_WORK ITEM:_
In the material below, find every line containing the string "drawn" and return it.
── MATERIAL FOR THIS EXERCISE
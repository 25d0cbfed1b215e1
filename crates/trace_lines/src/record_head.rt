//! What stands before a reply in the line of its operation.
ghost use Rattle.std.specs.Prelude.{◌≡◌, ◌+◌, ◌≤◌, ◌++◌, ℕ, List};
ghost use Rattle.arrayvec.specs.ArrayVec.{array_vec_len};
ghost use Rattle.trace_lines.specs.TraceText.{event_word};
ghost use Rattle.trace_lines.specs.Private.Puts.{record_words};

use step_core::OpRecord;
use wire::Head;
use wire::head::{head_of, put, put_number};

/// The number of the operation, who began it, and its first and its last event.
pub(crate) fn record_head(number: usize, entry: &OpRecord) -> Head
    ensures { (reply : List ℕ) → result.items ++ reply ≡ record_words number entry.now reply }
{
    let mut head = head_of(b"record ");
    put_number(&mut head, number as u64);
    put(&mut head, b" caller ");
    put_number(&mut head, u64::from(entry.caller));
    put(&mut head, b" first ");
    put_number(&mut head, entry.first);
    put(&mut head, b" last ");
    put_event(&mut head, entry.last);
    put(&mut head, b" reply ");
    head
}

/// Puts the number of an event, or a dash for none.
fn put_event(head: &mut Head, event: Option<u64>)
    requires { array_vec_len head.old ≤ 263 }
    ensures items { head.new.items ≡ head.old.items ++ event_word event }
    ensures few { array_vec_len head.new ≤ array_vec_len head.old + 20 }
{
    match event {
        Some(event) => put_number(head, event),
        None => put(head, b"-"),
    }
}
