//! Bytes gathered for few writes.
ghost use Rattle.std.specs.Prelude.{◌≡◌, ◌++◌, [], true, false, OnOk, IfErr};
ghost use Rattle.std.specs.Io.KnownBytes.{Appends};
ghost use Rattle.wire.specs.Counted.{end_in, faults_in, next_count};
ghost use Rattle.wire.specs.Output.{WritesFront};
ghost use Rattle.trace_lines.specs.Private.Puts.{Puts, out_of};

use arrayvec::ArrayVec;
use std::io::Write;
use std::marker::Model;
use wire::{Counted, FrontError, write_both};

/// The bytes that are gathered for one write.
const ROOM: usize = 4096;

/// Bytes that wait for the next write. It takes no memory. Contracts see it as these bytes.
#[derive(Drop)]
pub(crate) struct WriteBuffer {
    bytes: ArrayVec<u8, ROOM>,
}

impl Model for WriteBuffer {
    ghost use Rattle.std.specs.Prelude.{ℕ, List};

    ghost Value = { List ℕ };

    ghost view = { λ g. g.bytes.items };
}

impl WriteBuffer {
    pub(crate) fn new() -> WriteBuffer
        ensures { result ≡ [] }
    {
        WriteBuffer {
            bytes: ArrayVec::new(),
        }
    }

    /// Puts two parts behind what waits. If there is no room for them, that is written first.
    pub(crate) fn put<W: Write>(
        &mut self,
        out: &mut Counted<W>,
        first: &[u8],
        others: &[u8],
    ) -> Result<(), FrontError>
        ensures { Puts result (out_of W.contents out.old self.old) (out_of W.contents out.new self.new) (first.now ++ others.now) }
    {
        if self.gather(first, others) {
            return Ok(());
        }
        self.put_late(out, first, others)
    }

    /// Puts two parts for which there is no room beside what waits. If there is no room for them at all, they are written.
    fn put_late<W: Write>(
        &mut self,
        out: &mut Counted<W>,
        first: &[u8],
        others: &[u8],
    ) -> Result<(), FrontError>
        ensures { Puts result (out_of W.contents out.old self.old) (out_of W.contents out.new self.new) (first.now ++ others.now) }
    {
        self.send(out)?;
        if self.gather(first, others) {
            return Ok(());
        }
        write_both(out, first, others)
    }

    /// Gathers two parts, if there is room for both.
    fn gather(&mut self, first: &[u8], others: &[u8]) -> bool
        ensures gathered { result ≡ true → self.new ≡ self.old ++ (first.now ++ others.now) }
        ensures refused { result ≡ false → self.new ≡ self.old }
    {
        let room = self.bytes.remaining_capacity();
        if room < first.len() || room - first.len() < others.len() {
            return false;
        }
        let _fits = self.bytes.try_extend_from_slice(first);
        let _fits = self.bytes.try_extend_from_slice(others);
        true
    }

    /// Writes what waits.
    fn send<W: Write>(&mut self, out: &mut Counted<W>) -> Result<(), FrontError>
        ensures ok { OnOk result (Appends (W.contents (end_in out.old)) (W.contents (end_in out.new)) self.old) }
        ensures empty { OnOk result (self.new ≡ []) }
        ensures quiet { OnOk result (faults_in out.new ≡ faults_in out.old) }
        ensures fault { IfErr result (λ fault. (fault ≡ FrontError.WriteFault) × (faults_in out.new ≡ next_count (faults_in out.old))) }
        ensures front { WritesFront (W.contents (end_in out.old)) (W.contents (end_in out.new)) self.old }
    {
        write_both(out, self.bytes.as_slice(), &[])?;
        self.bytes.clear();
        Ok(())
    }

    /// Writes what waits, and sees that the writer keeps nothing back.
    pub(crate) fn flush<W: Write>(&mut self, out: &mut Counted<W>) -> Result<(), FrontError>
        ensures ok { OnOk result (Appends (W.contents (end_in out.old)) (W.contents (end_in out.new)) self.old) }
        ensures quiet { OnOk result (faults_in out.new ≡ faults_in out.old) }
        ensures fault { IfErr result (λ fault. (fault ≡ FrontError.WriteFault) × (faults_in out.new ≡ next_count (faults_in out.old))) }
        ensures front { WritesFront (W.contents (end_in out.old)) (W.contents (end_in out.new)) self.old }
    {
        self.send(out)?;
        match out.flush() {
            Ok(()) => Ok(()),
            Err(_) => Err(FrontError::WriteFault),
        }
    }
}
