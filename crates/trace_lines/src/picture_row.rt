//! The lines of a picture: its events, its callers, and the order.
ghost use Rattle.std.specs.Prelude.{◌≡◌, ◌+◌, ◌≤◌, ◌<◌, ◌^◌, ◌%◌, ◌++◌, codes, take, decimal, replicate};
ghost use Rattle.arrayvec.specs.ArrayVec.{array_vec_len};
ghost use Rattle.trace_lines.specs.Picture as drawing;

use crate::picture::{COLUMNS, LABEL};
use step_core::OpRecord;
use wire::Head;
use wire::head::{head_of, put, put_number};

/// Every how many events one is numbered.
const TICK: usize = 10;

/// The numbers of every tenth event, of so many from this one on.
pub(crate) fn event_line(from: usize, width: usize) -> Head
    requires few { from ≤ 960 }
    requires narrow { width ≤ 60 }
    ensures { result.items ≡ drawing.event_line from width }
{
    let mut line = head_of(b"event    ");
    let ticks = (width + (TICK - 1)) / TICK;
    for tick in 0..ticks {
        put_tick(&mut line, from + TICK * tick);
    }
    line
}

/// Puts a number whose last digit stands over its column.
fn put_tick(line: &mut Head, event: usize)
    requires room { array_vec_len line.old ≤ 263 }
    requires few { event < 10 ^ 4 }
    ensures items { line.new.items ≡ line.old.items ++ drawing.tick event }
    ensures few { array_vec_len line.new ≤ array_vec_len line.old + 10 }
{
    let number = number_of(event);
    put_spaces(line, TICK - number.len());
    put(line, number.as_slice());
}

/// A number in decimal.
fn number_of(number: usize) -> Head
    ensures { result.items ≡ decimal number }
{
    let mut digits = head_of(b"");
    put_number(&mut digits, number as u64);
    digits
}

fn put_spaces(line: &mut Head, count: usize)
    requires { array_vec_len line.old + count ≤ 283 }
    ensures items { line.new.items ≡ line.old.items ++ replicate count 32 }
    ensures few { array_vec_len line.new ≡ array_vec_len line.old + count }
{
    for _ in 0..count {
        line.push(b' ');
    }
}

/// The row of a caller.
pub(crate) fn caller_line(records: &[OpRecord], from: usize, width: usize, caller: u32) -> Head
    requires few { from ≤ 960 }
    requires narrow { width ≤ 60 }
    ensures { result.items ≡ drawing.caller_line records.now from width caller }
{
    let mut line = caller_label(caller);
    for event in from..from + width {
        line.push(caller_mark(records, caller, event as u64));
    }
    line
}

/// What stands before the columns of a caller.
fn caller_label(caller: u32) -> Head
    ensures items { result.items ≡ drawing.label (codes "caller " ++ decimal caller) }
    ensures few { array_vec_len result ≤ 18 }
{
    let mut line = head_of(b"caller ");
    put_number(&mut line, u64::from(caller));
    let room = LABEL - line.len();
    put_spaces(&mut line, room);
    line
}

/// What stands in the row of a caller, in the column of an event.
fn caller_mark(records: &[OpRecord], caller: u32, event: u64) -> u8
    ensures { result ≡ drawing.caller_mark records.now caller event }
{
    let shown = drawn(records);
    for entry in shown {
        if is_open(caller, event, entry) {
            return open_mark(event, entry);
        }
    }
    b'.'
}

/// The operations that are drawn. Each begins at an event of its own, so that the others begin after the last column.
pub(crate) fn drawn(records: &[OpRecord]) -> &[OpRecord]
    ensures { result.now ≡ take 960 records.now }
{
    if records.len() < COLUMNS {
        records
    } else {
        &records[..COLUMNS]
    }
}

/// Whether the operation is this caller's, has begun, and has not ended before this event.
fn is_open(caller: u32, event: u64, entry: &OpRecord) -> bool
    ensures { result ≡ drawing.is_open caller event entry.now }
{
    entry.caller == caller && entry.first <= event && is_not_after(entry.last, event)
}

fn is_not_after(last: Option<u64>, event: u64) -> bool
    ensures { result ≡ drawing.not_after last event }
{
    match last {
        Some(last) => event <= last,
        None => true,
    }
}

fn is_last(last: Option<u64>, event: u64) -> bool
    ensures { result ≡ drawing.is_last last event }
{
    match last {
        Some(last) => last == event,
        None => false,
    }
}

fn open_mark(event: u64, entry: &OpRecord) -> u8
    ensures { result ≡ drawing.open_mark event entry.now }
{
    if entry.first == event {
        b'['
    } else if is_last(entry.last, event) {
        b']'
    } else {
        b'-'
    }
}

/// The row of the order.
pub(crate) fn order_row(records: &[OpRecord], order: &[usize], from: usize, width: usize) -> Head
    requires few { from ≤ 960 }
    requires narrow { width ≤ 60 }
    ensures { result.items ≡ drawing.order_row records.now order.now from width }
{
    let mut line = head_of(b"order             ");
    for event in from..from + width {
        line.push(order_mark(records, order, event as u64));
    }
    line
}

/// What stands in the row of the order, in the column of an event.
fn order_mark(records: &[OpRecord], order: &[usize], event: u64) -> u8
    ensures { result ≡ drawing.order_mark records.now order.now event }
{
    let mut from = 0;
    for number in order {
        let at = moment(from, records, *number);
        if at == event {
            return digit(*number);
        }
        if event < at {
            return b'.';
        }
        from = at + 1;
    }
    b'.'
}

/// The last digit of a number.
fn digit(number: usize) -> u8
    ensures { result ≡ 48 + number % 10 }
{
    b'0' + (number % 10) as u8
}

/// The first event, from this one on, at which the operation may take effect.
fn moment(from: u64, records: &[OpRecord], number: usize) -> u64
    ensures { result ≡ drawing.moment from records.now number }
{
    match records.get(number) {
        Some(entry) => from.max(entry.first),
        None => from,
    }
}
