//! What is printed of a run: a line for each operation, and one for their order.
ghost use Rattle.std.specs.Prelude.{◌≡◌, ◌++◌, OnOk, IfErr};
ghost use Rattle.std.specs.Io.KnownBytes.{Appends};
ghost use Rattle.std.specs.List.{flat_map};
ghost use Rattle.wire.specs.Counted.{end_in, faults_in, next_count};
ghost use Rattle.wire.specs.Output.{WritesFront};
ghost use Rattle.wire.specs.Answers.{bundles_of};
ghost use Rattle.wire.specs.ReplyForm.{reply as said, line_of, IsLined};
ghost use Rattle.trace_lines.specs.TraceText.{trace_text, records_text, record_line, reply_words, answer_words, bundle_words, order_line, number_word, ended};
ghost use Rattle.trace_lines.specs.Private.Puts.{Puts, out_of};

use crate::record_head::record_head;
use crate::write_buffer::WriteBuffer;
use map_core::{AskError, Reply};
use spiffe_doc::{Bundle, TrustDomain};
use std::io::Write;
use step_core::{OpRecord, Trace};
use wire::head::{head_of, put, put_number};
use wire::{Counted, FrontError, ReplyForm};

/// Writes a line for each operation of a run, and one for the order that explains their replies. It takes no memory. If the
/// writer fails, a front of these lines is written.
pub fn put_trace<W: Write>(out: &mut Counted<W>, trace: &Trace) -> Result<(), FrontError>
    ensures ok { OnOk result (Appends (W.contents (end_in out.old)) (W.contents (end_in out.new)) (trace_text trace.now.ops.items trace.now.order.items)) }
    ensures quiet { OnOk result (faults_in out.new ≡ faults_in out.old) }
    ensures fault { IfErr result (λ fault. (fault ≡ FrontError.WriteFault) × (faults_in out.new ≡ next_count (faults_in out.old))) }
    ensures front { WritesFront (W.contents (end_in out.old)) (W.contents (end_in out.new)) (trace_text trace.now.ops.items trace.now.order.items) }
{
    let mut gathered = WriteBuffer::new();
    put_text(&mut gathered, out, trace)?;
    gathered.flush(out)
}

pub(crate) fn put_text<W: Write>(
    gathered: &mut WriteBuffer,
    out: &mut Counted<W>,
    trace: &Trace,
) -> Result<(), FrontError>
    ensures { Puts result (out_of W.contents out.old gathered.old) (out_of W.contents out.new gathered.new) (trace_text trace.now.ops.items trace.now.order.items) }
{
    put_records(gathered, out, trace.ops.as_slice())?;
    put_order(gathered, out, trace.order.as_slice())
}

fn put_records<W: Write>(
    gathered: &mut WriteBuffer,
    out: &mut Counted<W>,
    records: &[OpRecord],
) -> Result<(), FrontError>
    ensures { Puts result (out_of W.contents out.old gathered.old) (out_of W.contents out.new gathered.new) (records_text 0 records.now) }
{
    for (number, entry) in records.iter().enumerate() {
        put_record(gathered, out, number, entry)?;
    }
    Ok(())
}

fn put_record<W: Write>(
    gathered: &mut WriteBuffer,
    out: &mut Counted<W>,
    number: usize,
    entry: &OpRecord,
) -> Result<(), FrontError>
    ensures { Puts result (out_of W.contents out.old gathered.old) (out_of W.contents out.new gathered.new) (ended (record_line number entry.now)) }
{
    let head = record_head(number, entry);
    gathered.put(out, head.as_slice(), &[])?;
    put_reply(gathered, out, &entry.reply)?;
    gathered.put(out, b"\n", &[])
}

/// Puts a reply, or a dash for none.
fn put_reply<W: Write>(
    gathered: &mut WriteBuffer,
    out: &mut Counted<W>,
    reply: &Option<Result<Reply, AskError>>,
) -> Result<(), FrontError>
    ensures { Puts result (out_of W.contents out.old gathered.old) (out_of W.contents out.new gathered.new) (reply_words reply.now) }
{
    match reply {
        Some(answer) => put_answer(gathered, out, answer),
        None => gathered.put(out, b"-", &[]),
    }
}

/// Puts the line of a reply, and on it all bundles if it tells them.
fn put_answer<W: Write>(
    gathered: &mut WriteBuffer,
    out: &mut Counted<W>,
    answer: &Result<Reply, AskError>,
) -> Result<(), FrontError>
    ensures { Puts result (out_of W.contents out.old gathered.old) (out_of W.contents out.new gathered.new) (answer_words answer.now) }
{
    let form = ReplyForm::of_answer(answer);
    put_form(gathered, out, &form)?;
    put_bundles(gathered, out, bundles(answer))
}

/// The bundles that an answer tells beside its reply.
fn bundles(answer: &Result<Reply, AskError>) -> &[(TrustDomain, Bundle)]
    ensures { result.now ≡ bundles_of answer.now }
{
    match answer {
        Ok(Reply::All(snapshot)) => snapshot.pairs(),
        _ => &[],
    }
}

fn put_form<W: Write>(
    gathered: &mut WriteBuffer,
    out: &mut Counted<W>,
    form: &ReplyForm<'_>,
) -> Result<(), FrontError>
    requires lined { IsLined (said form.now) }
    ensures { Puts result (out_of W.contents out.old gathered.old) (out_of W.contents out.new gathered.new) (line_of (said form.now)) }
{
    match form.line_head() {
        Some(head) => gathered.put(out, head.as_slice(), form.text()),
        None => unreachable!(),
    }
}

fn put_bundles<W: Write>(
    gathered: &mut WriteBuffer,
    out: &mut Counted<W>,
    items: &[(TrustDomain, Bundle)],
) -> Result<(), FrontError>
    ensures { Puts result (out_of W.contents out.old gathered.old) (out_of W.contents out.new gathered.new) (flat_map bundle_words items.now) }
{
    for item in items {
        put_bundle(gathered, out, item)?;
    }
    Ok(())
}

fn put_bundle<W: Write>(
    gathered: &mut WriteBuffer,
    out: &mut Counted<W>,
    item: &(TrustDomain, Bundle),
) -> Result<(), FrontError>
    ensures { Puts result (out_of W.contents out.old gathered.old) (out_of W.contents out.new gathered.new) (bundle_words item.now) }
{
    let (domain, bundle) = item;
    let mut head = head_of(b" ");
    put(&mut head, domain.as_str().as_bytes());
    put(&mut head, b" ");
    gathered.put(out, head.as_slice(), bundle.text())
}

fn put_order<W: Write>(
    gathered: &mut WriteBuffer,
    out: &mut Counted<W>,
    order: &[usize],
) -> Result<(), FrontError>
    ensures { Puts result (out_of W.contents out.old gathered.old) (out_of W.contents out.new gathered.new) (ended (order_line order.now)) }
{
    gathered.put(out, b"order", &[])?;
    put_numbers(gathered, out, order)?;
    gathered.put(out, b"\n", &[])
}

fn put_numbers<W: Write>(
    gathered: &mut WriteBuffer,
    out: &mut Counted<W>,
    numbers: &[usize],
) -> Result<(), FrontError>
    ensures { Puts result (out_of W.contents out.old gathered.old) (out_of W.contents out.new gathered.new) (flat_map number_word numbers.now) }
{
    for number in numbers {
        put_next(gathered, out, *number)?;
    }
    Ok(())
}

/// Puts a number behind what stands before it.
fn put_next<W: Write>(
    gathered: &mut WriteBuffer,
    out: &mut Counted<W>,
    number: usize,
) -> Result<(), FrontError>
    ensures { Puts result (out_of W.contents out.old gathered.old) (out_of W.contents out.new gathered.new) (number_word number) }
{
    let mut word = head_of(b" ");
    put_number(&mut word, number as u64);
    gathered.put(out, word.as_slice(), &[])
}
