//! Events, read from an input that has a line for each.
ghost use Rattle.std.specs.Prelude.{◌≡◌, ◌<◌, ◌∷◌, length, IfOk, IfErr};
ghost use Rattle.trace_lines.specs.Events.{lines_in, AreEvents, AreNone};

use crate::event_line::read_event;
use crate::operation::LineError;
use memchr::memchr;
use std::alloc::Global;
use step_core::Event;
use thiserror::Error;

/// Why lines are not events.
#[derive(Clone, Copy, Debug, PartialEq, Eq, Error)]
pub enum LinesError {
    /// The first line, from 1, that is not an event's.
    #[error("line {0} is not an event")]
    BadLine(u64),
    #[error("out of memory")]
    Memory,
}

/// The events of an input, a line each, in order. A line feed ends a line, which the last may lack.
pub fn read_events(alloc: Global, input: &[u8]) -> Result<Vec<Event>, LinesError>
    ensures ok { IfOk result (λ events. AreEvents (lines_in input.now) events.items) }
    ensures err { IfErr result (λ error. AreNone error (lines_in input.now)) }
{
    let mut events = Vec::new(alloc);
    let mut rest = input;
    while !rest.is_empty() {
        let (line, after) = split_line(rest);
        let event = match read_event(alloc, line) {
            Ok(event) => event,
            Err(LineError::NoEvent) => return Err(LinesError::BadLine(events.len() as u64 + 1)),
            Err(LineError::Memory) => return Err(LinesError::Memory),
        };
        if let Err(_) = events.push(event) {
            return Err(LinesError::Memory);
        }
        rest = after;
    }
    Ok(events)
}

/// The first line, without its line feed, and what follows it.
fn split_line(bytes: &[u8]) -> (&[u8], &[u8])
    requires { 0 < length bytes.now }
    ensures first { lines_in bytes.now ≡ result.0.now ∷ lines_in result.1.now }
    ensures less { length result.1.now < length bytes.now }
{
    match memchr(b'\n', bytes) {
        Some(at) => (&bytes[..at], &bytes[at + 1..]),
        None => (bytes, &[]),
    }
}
────
_YOUR SOLUTION:_
    let shown = drawn(records);
/// The operations that are drawn. Each begins at an event of its own, so that the others begin after the last column.
pub(crate) fn drawn(records: &[OpRecord]) -> &[OpRecord]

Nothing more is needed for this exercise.